What to work on:
In the data below, how many lines contain the word "Lays"? Answer with the number alone.

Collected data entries
--- START ---
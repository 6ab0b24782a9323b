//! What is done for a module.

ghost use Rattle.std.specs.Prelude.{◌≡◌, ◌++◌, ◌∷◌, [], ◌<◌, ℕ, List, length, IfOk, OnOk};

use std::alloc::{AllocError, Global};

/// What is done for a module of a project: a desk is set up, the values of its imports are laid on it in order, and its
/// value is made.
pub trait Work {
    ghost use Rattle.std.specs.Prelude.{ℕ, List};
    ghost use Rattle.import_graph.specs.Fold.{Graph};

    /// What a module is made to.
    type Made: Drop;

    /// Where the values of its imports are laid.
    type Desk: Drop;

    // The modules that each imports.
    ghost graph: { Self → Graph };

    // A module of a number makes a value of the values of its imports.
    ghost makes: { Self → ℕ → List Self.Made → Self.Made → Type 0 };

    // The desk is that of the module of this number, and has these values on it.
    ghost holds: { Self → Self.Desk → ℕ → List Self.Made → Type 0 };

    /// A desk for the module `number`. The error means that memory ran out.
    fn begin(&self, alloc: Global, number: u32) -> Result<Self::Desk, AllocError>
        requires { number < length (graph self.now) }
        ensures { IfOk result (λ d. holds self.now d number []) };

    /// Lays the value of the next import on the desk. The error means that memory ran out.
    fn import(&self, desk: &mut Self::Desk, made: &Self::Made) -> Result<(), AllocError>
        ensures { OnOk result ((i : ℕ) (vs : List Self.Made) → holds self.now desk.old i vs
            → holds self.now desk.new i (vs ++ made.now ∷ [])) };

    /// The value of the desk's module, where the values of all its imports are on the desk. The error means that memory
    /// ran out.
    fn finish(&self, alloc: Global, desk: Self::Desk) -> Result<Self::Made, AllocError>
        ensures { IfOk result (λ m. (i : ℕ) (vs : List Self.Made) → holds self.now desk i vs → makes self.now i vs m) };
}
--- END ---
--- START ---
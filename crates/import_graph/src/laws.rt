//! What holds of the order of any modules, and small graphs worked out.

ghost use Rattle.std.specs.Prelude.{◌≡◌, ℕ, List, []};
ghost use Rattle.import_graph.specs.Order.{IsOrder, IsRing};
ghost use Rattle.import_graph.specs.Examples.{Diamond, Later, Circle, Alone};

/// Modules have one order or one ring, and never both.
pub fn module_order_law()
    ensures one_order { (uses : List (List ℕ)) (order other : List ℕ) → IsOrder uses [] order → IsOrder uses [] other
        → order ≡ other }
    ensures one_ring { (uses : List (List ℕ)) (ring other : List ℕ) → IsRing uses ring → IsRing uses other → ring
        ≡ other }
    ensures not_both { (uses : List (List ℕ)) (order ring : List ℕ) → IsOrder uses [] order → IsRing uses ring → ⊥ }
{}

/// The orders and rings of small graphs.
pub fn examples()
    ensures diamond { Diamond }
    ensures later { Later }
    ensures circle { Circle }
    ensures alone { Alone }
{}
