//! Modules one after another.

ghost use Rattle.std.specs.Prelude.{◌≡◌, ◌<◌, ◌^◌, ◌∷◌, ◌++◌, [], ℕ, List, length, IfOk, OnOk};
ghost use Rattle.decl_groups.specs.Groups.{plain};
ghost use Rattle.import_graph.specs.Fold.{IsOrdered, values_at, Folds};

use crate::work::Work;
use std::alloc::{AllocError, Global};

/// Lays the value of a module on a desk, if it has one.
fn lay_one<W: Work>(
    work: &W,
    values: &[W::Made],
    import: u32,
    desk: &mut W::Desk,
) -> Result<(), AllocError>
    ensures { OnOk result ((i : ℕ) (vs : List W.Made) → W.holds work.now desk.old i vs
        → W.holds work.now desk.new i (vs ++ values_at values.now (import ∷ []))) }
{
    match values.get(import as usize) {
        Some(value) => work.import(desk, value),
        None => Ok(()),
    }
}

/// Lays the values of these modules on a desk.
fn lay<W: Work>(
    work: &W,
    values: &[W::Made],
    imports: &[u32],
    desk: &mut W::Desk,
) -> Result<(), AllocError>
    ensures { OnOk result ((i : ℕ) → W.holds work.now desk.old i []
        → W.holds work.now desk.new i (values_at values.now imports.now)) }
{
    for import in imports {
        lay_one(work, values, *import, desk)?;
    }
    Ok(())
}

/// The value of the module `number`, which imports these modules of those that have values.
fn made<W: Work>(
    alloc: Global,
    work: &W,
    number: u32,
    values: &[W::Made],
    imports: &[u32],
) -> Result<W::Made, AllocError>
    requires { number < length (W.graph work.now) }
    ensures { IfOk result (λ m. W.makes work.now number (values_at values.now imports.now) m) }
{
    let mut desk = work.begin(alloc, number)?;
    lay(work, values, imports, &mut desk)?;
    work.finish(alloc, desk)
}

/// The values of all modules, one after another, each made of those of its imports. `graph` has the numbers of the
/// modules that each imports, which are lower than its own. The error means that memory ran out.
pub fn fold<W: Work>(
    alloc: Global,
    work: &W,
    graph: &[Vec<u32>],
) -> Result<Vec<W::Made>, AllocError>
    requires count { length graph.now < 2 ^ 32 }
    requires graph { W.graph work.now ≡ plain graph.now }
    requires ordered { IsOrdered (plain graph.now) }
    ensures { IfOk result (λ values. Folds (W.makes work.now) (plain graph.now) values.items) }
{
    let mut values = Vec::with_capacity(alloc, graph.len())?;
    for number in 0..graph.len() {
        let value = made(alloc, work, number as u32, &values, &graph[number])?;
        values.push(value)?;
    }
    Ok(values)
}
--- END ---
--- START ---
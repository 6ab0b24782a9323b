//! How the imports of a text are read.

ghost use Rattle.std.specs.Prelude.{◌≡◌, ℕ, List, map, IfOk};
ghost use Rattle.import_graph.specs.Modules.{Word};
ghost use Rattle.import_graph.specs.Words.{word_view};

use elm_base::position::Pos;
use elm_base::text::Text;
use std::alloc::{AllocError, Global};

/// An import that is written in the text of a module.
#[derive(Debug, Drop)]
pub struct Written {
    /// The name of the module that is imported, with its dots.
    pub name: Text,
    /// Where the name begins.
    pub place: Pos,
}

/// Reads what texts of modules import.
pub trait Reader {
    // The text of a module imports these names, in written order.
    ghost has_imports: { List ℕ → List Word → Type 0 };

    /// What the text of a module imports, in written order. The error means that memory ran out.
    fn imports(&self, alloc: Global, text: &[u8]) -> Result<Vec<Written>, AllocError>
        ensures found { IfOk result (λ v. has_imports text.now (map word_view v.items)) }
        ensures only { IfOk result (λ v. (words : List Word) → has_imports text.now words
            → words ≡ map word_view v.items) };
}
--- END ---
Task result:
3